RE: [jira] [Commented] (MAHOUT-524) DisplaySpectralKMeans example fails

Posted by Jeff Eastman <je...@Narus.com>.
For the display example, it is not necessary to cluster the original points. The other clustering display examples only train the clusters and do not classify the points. They are drawn first and the cluster centers & radii are superimposed afterwards. Thus I think it is only necessary to back-transform the clusters. 

My EE gut tells me this is like Fourier transforms between time- and frequency-domains. If this is true then what we need is the inverse transform. Is this a correct analogy?

-----Original Message-----
From: squinn.squinn@gmail.com [mailto:squinn.squinn@gmail.com] On Behalf Of Shannon Quinn
Sent: Tuesday, May 24, 2011 11:39 AM
To: dev@mahout.apache.org
Subject: Re: [jira] [Commented] (MAHOUT-524) DisplaySpectralKMeans example fails

This is actually something I could use a little expert Hadoop assistance on.
The general idea is that the points that are clustered in eigenspace have a
1-to-1 correspondence with the original points (which is how you get your
cluster assignments), but this back-mapping after clustering isn't
explicitly implemented yet, since that's the core of the IO issue.

My block on this is my lack of understanding in how the actual ordering of
the points change (or not?) from when they are projected into eigenspace
(the Lanczos solver) and when K-means makes its cluster assignments.

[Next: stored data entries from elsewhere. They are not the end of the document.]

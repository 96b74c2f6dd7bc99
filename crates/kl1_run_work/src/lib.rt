//! The work of a program that tries modules: sources are loaded, a goal is run, and what came of it is written.
#![tactic(auto)]

mod answers;
mod asked;
mod checked;
mod ending;
mod exceptions;
mod faults;
mod journal;
mod loads;
mod reports;
mod runs;
mod script;
mod shell;
mod source_file;
mod starts;
mod stop;
mod wanted;
mod watch;
mod works;

pub use answers::{Answers, answers_of};
pub use checked::{fault_in, put_checked};
pub use ending::Ending;
pub use faults::{put_fault, words_of};
pub use journal::put_journal;
pub use kl1_command::{Host, UnbookedHost};
pub use kl1_lines::{DeviceFailed, FailureCounter, Sink};
pub use kl1_model::limits::{MOST_ALLOWANCE, MOST_SOURCE_BYTES, MOST_STEPS};
pub use kl1_read::{ReadFault, read_goal};
pub use kl1_term::Term;
pub use kl1_user_events::{Extent, Refusal, ShoenNo};
pub use script::{put_script, start_length};
pub use shell::run;
pub use source_file::SourceFile;
pub use stop::Stop;
pub use wanted::Wanted;
pub use watch::Watch;
pub use works::{Work, do_work};
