// What is asked of an account.

use kl1_command::UnbookedHost;
use kl1_user_events::{Event, Query, Reply};
use std::alloc::AllocError;

/// What is answered to a query, which changes nothing.
pub(crate) fn ask<H: UnbookedHost>(host: &mut H, query: Query) -> Result<Reply, AllocError> {
    host.apply(&Event::Read(query))
}
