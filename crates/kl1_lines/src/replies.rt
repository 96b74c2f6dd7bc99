// What answers records one after another.

ghost use Rattle.std.specs.Prelude.{◌≡◌, ◌<◌, ℕ, length, IfOk, OnOk, OnErr};
ghost use Rattle.kl1_model.specs.declared.limits.TheConstants.{MOST_WAITING_BYTES};
ghost use Rattle.kl1_lines.specs.Replies.{Written, LeavesOne, Puts};

use kl1_text::ShortBytes;
use std::alloc::AllocError;

/// What came of a call for the next reply.
#[derive(Drop)]
pub enum NextReply {
    /// A record is done, and its reply was put after the bytes.
    Put,
    /// No record is left to be done, and these bytes end what is written.
    Last(ShortBytes),
}

/// What does records one after another, and replies to each.
pub trait Replies {
    // Whether the next record can be done.
    ghost can_put: { Self → Type 0 };

    // How many records are left.
    ghost left: { Self → ℕ };

    // What is written for the records that are left.
    ghost writes: { Self → Written → Type 0 };

    /// Does the next record, and puts its reply after the bytes. After an `Err` the bytes are as they were, and the record may be
    /// done in part.
    fn put_next(&mut self, out: &mut Vec<u8>) -> Result<NextReply, AllocError>
        requires can { can_put self.old }
        requires few { length out.old.items < MOST_WAITING_BYTES }
        ensures puts { IfOk result (λ next. Puts (writes self.old) (writes self.new) out.old.items out.new.items next) }
        ensures one { IfOk result (λ next. LeavesOne (left self.old) (left self.new) next) }
        ensures still { OnOk result (can_put self.new) }
        ensures err { OnErr result (out.new.items ≡ out.old.items) }
        ensures none { OnErr result (left self.new ≡ left self.old) }
        ensures some { OnErr result ((w : Written) → writes self.old w → 0 < length w.each) };
}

On a
one-node setup the original ordering appears to be preserved through all the
operations, so the labels of the original points can be assigned by giving
original_point[i] the label of projected_point[i], hence the cluster
assignments are easy to determine. For multi-node setups, however, I simply
don't know if this heuristic holds.

But I believe the immediate issue here is that we're feeding the projected
points to the display, when it should be the original points *annotated*
with the cluster assignments from the corresponding projected points. The
question is how to shift those assignments over robustly; right now it's
just a hack job in the SpectralKMeansDriver...or maybe (hopefully!) it's
just the version I have locally :o)

On Tue, May 24, 2011 at 2:13 PM, Jeff Eastman <je...@narus.com> wrote:

> Yes, I expect it is pilot error on my part. The original implementation was
> failing in this manner because I was requesting 5 eigenvectors (clusters). I
> changed it to 2 and now it displays something but it is not even close to
> correct. I think this is because I have not transformed back from eigen
> space to vector space. This all relates to the IO issue for the spectral
> clustering code which I don't grok.
>
> The display driver begins with the sample points and generates the affinity
> matrix using a distance measure. Not clear this is even a correct
> interpretation of that matrix. Then spectral kmeans runs and produces 2
> clusters which I display directly. Seems like this number should be more
> like the k in kmeans, and 5 was more realistic given the data. I believe
> there is a missing output transformation to recover the clusters from the
> eigenvectors but I don't know how to do that.
>
> I bet you do :)
>
> -----Original Message-----
> From: Shannon Quinn (JIRA) [mailto:jira@apache.org]
> Sent: Tuesday, May 24, 2011 8:07 AM
> To: dev@mahout.apache.org
> Subject: [jira] [Commented] (MAHOUT-524) DisplaySpectralKMeans example
> fails
>
>
>    [
> https://issues.apache.org/jira/browse/MAHOUT-524?page=com.atlassian.jira.plugin.system.issuetabpanels:comment-tabpanel&focusedCommentId=13038608#comment-13038608]
>
> Shannon Quinn commented on MAHOUT-524:
> --------------------------------------
>
> +1, I'm on it.
>
> I'm a little unclear as to the context of the initial Hudson comment: the
> display method is expecting 2D vectors, but getting 5D ones?
>
> > DisplaySpectralKMeans example fails
> > -----------------------------------
> >
> >                 Key: MAHOUT-524
> >                 URL: https://issues.apache.org/jira/browse/MAHOUT-524
> >             Project: Mahout
> >          Issue Type: Bug
> >          Components: Clustering
> >    Affects Versions: 0.4, 0.5
> >            Reporter: Jeff Eastman
> >            Assignee: Jeff Eastman
> >              Labels: clustering, k-means, visualization
> >             Fix For: 0.6
> >
> >         Attachments: aff.txt, raw.txt, spectralkmeans.png
> >
> >
> > I've committed a new display example that attempts to push the standard
> mixture of models data set through spectral k-means. After some tweaking of
> configuration arguments and a bug fix in EigenCleanupJob it runs spectral
> k-means to completion. The display example is expecting 2-d clustered points
> and the example is producing 5-d points. Additional I/O work is needed
> before this will play with the rest of the clustering algorithms.
>
> --
> This message is automatically generated by JIRA.
> For more information on JIRA, see: http://www.atlassian.com/software/jira
>

Re: [jira] [Commented] (MAHOUT-524) DisplaySpectralKMeans example fails

Posted by Shannon Quinn <sq...@gatech.edu>.
This is actually something I could use a little expert Hadoop assistance on.
The general idea is that the points that are clustered in eigenspace have a
1-to-1 correspondence with the original points (which is how you get your
cluster assignments), but this back-mapping after clustering isn't
explicitly implemented yet, since that's the core of the IO issue.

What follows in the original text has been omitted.